Experts agree that social media activity plays a critical role in this process. If user engagement is the new gold standard for search-engine rankings, then metrics such as retweets, likes, shares and comments offer a way to quantify that value.

“You can’t be competitive for a search perspective today unless you’re integrating social for promotion and creating content and promoting it through social networks,” Odden said. “Social media is a mechanism for content distribution, and it creates the signals that can influence search visibility.”

Content Marketing A Good Fit With The New Search Paradigm

What does all of this mean for content marketing? The good news, according to Ruth Burr, Inbound Marketing Lead at Moz, is that the new formula for gaining search visibility works well with a B2B content marketing strategy.

“Content is important because of how users consume it — that’s why it’s important to Google,” Burr said. “B2B firms should be thinking about how they can build a positive brand relationship with people by helping them learn; let customers know that you know what you’re talking about and can be trusted, that you’re the kind of business they want to have a relationship with.”

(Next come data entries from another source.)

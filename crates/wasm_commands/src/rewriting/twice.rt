// Edits a stream by reading it twice, in memory that does not depend on its size.
ghost use Rattle.std.specs.Prelude.{All};
ghost use Rattle.wasm_commands.specs.Rewrites.{EditsTwice, sink_device};
ghost use Rattle.wasm_edits.specs.Edits.{CanBeMade};

use std::alloc::Global;
use std::io;
use wasm_console::PIECE;
use wasm_edits::{Edit, edit_stream};
use wasm_io::{ListError, Sink, Source};
use wasm_streams::Ended;

/// A file that was opened twice: to be checked, and to be read again.
#[derive(Drop)]
pub(crate) struct Reopened<R> {
    pub(crate) first: R,
    pub(crate) second: R,
}

/// Reads a file to its end. If it has no fault, reads it again and writes it with the edits. Returns how the stream ended.
///
/// # Errors
///
/// Those of `edit_stream`. At a fault of the first reading nothing is written.
pub(crate) fn edit_twice<R: Source, W: Sink>(
    alloc: Global,
    edits: &[Edit<'_>],
    files: &mut Reopened<R>,
    output: &mut W,
) -> Result<Ended, ListError>
    requires { All CanBeMade edits.now }
    // Proved: of two sources of a file, the first is read to check it. Only if that reading ends
    //   without a fault, the second is read, and written with the edits
    ensures { EditsTwice R.Source edits.now files.old files.new
        (sink_device W.Sink output.old output.new) result }
{
    match edit_stream(alloc, &[], &mut files.first, &mut io::sink(), PIECE) {
        Ok(Ended::End) => edit_stream(alloc, edits, &mut files.second, output, PIECE),
        checked => checked,
    }
}
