// Numbers written over a part of a lent list.
#![tactic(auto)]

ghost use Rattle.std.specs.Prelude.{◌≡◌, ◌+◌, ◌≤◌, length};
ghost use Rattle.lists.specs.Lists.{over};

// Writes the part from a place on; every other number stays.
pub fn put(list: &mut [u32], at: usize, part: &[u32])
    requires { at + length part.now ≤ length list.old }
    ensures { list.new ≡ over list.old at part.now }
{
    // Number by number: over `copy_from_slice`, what C links would need `memmove` from outside.
    for i in 0..part.len() {
        list[at + i] = part[i];
    }
}
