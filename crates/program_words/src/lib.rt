// The words that a program is called with, each ended by a byte 0, one after the other.
#![tactic(auto)]

ghost use Rattle.std.specs.Prelude.{◌≡◌, ◌+◌, ◌≤◌, length, drop};
ghost use Rattle.program_words.specs.Words.{first_word, later_words, word_at};

// Where the word that begins at a place ends.
fn end_of(words: &[u8], from: usize) -> usize
    requires { from ≤ length words.now }
    ensures { (result ≡ from + length (first_word (drop from words.now))) × (result ≤ length words.now) }
{
    let rest = &words[from..];
    from + rest
        .iter()
        .position(|byte| *byte == 0)
        .unwrap_or(rest.len())
}

// Where the word after it begins; at the end, where there is none.
fn next_after(words: &[u8], from: usize) -> usize
    requires { from ≤ length words.now }
    ensures { (drop result words.now ≡ later_words (drop from words.now)) × (result ≤ length words.now) }
{
    let end = end_of(words, from);
    if end < words.len() {
        return end + 1;
    }
    end
}

// The words past the first.
pub fn past_first(words: &[u8]) -> &[u8]
    ensures { result.now ≡ later_words words.now }
{
    let from = next_after(words, 0);
    &words[from..]
}

// Word n, from 0; past the last, a word of no bytes.
pub fn word(words: &[u8], n: usize) -> &[u8]
    ensures { result.now ≡ word_at words.now n }
{
    let mut from = 0;
    for _ in 0..n {
        from = next_after(words, from);
    }
    let end = end_of(words, from);
    &words[from..end]
}
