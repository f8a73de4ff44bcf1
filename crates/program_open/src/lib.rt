// What the jobs of `icuoffice` share: the words of a call, and the open study that it works on, or what is said where there is none.
#![tactic(auto)]

ghost use Rattle.std.specs.Prelude.{◌≡◌, true, ⊤};
ghost use Rattle.text.specs.Text.{Placed};
ghost use Rattle.open_rules.specs.Open.{read_answer, read_sheet};
ghost use Rattle.open_file.specs.File.{is_open, open_file};
ghost use Rattle.program_outcome.specs.Outcome.{named};
ghost use Rattle.program_open.specs.Words.{office_of, office_in, site_in};
ghost use Rattle.program_outcome.specs.Outcome.{Tells};
ghost use Rattle.program_open.specs.Opening.{source_found, source_read, study_of, study_in};
ghost use Rattle.program_open.specs.Opening.{office_says, unopened_text, bytes_say, source_says, open_says};
ghost use Rattle.program_open.specs.Working.{held, Taken};

use answers::Answer;
use layout::{BLOCKS, CELLS, PLACES};
use open_file::OPEN_BYTES;
use program_outcome::{AREA_BYTES, Input, Remark, SAID_BYTES};
use program_target::Found;

// The arguments, among the words: the study's name and the office's number; past the job, a text's name or a site; what is to change.
pub const STUDY: usize = 0;

pub const OFFICE: usize = 1;

pub const TEXT: usize = 3;

pub const SITE: usize = 3;

pub const NAME: usize = 4;

pub const ENTRY: usize = 5;

pub const VALUE: usize = 6;

// No office has this number.
const NO_OFFICE: u32 = 0;

// What stands where the study should be: a file, of which so many bytes were read; nothing; or why it cannot be used.
pub type Source = Result<Option<usize>, Remark>;

// An open study: whose its places are, and their blocks.
#[derive(Clone, Copy)]
pub struct OpenStudy {
    pub owners: [u32; PLACES],
    pub blocks: [u32; BLOCKS],
}

fn office_of(word: &[u8]) -> u32
    ensures { result ≡ office_of word.now }
{
    let number = text_numbers::number_of(word);
    if text_numbers::TOO_LARGE <= number {
        return NO_OFFICE;
    }
    number as u32
}

// The office that a call names; 0, if it names none.
pub fn office_in(words: &[u8]) -> u32
    ensures { result ≡ office_in words.now }
{
    office_of(program_words::word(words, OFFICE))
}

// The site that it names, from 0; past any place, if it names none.
pub fn site_in(words: &[u8]) -> u32
    ensures { result ≡ site_in words.now }
{
    program_site::site_of(text_numbers::number_of(program_words::word(words, SITE)))
}

// What was found, where the study is to be written again.
pub fn source_found(found: Found) -> Source
    ensures { result ≡ source_found found }
{
    found.map_err(Remark::from)
}

// What reading came to, where it is only read.
pub fn source_read(input: Input) -> Source
    ensures { result ≡ source_read input }
{
    match input {
        Some(size) => Ok(Some(size)),
        None => Err(Remark::Unread),
    }
}

// Says of the office's word that it names none, if it does not.
fn judge_office(words: &[u8], said: &mut [u8; SAID_BYTES]) -> Result<(), usize>
    ensures { Tells (office_says words.now) said.old said.new (λ _. ⊤) result }
{
    if office_in(words) != NO_OFFICE {
        return Ok(());
    }
    Err(program_outcome::put_named(
        said,
        program_words::word(words, OFFICE),
        b"an office has a number, from 1 to 4294967295\n",
    ))
}

fn say_unopened(name: &[u8], said: &mut [u8; SAID_BYTES]) -> usize
    ensures { Placed said.old 0 (named name.now unopened_text) said.new result }
{
    program_outcome::put_named(
        said,
        name,
        b"no open study stands here: icuoffice STUDY new makes one where there is no file\n",
    )
}

// The study in a file.
fn study_of(file: &[u8]) -> OpenStudy
    requires { is_open file.now ≡ true }
    ensures { held result ≡ study_of file.now }
{
    let mut study = OpenStudy {
        owners: [0u32; PLACES],
        blocks: [0u32; BLOCKS],
    };
    open_file::owners_in(file, &mut study.owners);
    open_file::blocks_in(file, &mut study.blocks);
    study
}

// The study in a file of these bytes, or what is said where they are none.
fn take_bytes(name: &[u8], file: &[u8], said: &mut [u8; SAID_BYTES]) -> Result<OpenStudy, usize>
    ensures { Taken (bytes_say name.now file.now) said.old said.new (study_of file.now) result }
{
    if !open_file::is_open(file) {
        return Err(say_unopened(name, said));
    }
    Ok(study_of(file))
}

// The same of what stands there.
fn take_source(
    source: Source,
    name: &[u8],
    area: &[u8; AREA_BYTES],
    said: &mut [u8; SAID_BYTES],
) -> Result<OpenStudy, usize>
    ensures { Taken (source_says source name.now area.now) said.old said.new
        (study_in source area.now) result }
{
    match source {
        Ok(Some(size)) => take_bytes(name, program_outcome::front(area, size), said),
        Ok(None) => Err(say_unopened(name, said)),
        Err(why) => Err(program_outcome::say(name, why, said)),
    }
}

// The study that a call works on, which was read into the area; or how many bytes are said where there is none, of the office's
// word first.
pub fn study_in(
    source: Source,
    words: &[u8],
    area: &[u8; AREA_BYTES],
    said: &mut [u8; SAID_BYTES],
) -> Result<OpenStudy, usize>
    ensures { Taken (open_says source words.now area.now) said.old said.new
        (study_in source area.now) result }
{
    judge_office(words, said)?;
    take_source(source, program_words::word(words, STUDY), area, said)
}

// Fills the sheet from the site that a call names; or tells why it is refused.
pub fn read_site(words: &[u8], study: &OpenStudy, sheet: &mut [u32; CELLS]) -> Answer
    ensures value { result ≡ read_answer (held study.now) (office_in words.now) (site_in words.now) sheet.old }
    ensures sheet_after { sheet.new ≡ read_sheet (held study.now) (office_in words.now) (site_in words.now) sheet.old }
{
    open_study::read(
        &study.owners,
        &study.blocks,
        office_in(words),
        site_in(words),
        sheet,
    )
}

// Makes the file of a study.
pub fn write_study(study: &OpenStudy, written: &mut [u8; OPEN_BYTES]) -> usize
    ensures { Placed written.old 0 (open_file study.now.owners study.now.blocks) written.new result }
{
    open_file::write(&study.owners, &study.blocks, written)
}
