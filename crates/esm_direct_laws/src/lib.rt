//! Laws of the direct run of clean files, over the laws of their runs.
#![tactic(auto)]

pub mod examples;
pub mod laws;
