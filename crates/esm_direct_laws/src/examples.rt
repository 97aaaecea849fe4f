//! A worked example of the laws, as a function without effect.
ghost use Rattle.esm_direct_laws.specs.Examples.{CleanDirect, CleanRun, SecondFirst};

use esm_resolve::laws::shared_set;

/// An entry that imports two modules: its files are clean, and a run of them ends within the limits; where the file of the
/// second request is there first the same is shown; and there is a direct run, which shows it too and meets no limit.
pub fn clean_run()
    ensures run { CleanRun }
    ensures second_first { SecondFirst }
    ensures direct { CleanDirect }
{
    shared_set()
}
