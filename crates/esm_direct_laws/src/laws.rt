//! Laws of the definitions, each the contract of a function without effect.
ghost use Rattle.esm_direct_laws.specs.Asks.{AsksClosure};
ghost use Rattle.esm_direct_laws.specs.Closures.{HasClosure};
ghost use Rattle.esm_world.specs.OnOrder.{HasDirectRun, NeverStops, OrderFreeShown, OrderFreeWithin};

use esm_resolve::laws::shared_set;

/// Where some list has each URL of the closure, there is a list of these alone, each once.
pub fn has_closure()
    ensures { HasClosure }
{}

/// Clean files have a direct run, which shows something.
pub fn has_direct_run()
    ensures { HasDirectRun }
{
    shared_set()
}

/// A run of clean files that has ended, and not by a limit, shows the direct run.
pub fn order_free_shown()
    ensures { OrderFreeShown }
{
    shared_set()
}

/// Where the direct run meets no limit, none stops any run of these files, and each that has no open ask shows the direct
/// run.
pub fn order_free_within()
    ensures never { NeverStops }
    ensures shown { OrderFreeWithin }
{
    shared_set()
}

/// What a run over clean files has fetched is of their closure and is what they have, also where the latter is known of URLs
/// of the closure alone, and is all of the closure where the run has ended, and not by a limit.
pub fn asks_closure()
    ensures { AsksClosure }
{}
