//! A client's line: its conversation, what has come and was not heard, and what was said.

ghost use Rattle.std.specs.Prelude.{◌≡◌, true};
ghost use Rattle.talks.specs.declared.want.Want.{Want as TheWant};

use crate::desk::PostgresDesk;
use postgres_talks::postgres_talk::PostgresTalk;
use std::alloc::{AllocError, Global};
use talks::talk::{MessageFront, Talk};
use talks::want::Want;

/// The line of one client.
#[derive(Drop)]
pub struct PostgresLine {
    talk: PostgresTalk,
    desk: PostgresDesk,
    held: Vec<u8>,
    said: Vec<u8>,
}

impl PostgresLine {
    /// Nothing has come.
    pub fn new(alloc: Global) -> PostgresLine {
        PostgresLine {
            talk: PostgresTalk::new(alloc, 7),
            desk: PostgresDesk::new(alloc),
            held: Vec::new(alloc),
            said: Vec::new(alloc),
        }
    }

    /// What was said.
    pub fn into_said(self) -> Vec<u8> {
        let PostgresLine {
            talk: _,
            desk: _,
            held: _,
            said,
        } = self;
        said
    }

    /// Takes a piece, and goes on until the conversation waits for more.
    pub fn take(&mut self, piece: &[u8]) -> Result<(), AllocError> {
        self.held.extend_from_slice(piece)?;
        // A message has few steps, and five bytes at least.
        for _ in 0..=self.held.len().saturating_mul(8) {
            if !self.advance()? {
                return Ok(());
            }
        }
        Ok(())
    }

    // Does one thing, and tells whether there was one to do.
    fn advance(&mut self) -> Result<bool, AllocError> {
        if let Some(reply) = self.desk.reply(self.talk.want())? {
            self.talk.learn(reply, &mut self.said)?;
            return Ok(true);
        }
        if !is_message(self.talk.want()) {
            return Ok(false);
        }
        self.hear()
    }

    // Hears what stands at the front.
    fn hear(&mut self) -> Result<bool, AllocError>
        requires { ⟦<PostgresTalk as Talk>⟧.wants self.old.talk ≡ TheWant.Message }
    {
        match self.talk.front(&self.held) {
            MessageFront::Nothing => Ok(false),
            MessageFront::Bad => {
                self.talk.reject(&mut self.said)?;
                Ok(true)
            }
            MessageFront::Whole(size) => {
                let Some(message) = self.held.get(..size) else {
                    return Ok(false);
                };
                self.talk.hear(message, &mut self.said)?;
                self.held.drain(..size);
                Ok(true)
            }
        }
    }
}

fn is_message(want: &Want) -> bool
    ensures { result ≡ true → want.now ≡ TheWant.Message }
{
    matches!(want, Want::Message)
}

“Firms that make an effort to understand their buyers, and that create content that delivers a meaningful customer experience, will benefit by continuing to do what they’re already doing,” said Odden. “At its most basic level, best practices for modern SEO revolve around creating a good user experience with relevant information.”

HubSpot’s Eridon added: “I think SEO is a really weird term right now, because SEO is really just about content. If you’re talking about how to get your content in front of people, you’ve got to think about it more broadly than just how it will show up in search engines.”

According to Odden, the take-away message isn’t that SEO is an obsolete concept. Rather, he said, B2B marketers must learn to place SEO within the proper context.

“Companies that have SEO-led digital marketing efforts tend to look at content marketing as simply creating more pages, which is understandable for them because in their eyes more pages are more hooks in the water to attract traffic through search. That can be a bit of a rub because the quality isn’t always there in that scenario.”

On the other hand, he continued, “In organizations where content is driving, they’re not always considering search optimization as part of the big picture. Sometimes folks fall too far on the SEO technical side of things, or they fall too much on the pure content strategy side of things. When you use SEO principles in a content marketing strategy context, that is a very powerful combination.”

Eridon also emphasized the importance of taking a balanced approach that serves multiple goals. “I don’t want people to think that you’re going to ‘win’ at SEO by creating content around keywords,” she said. “You really win by creating content around topics and problems that your customers care about. However, if you’re focused enough, you’re inherently going to hit on keywords over and over again.”

Looking ahead, Eridon said Google will continue to develop more sophisticated ways to match its search results to real-world relevance. “Optimized content and SEO in general is really going to be focused on conversions and user experience,” she said. “The longer somebody stays on your web site, for example, would be a cue to Google that you’re useful . . . I think they’re going to take those kinds of signals into account more than they’re going to take into account basic things like keywords.”

Odded added: “There are lots of other interactions that search engines can capture and use to filter the best [search] answers. I think that’s the long play — companies understanding that they need to be the best answer. They need to earn it, but at the same tie they should be allocating resources to optimize their [content] effectiveness and efficiency.”